A line qualifies if it holds the string "specs". Copy every qualifying line from the records.

═══ DATASET CONTENT

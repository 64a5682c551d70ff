//! Why a growing call appends nothing.

ghost use Rattle.std.specs.Prelude.{◌≡◌};

use entity_map::OutOfMemory;
use thiserror::Error;

/// Why a growing call of a builder returns an error.
#[derive(Clone, Copy, Debug, Drop, PartialEq, Eq, Error)]
pub enum BuildError {
    /// Out of memory.
    #[error("out of memory")]
    OutOfMemory,
    /// An earlier growing call returned an error.
    #[error("an earlier call of the builder failed")]
    Poisoned,
}

impl From<OutOfMemory> for BuildError {
    ghost use Rattle.module_types.specs.declared.error.BuildError.TheVariants as errors;

    ghost from_gives = { λ _ e. e ≡ errors.OutOfMemory };

    fn from(_refused: OutOfMemory) -> BuildError {
        BuildError::OutOfMemory
    }
}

══════

__EXPECTED ANSWER__:
ghost use Rattle.std.specs.Prelude.{◌≡◌};
    ghost use Rattle.module_types.specs.declared.error.BuildError.TheVariants as errors;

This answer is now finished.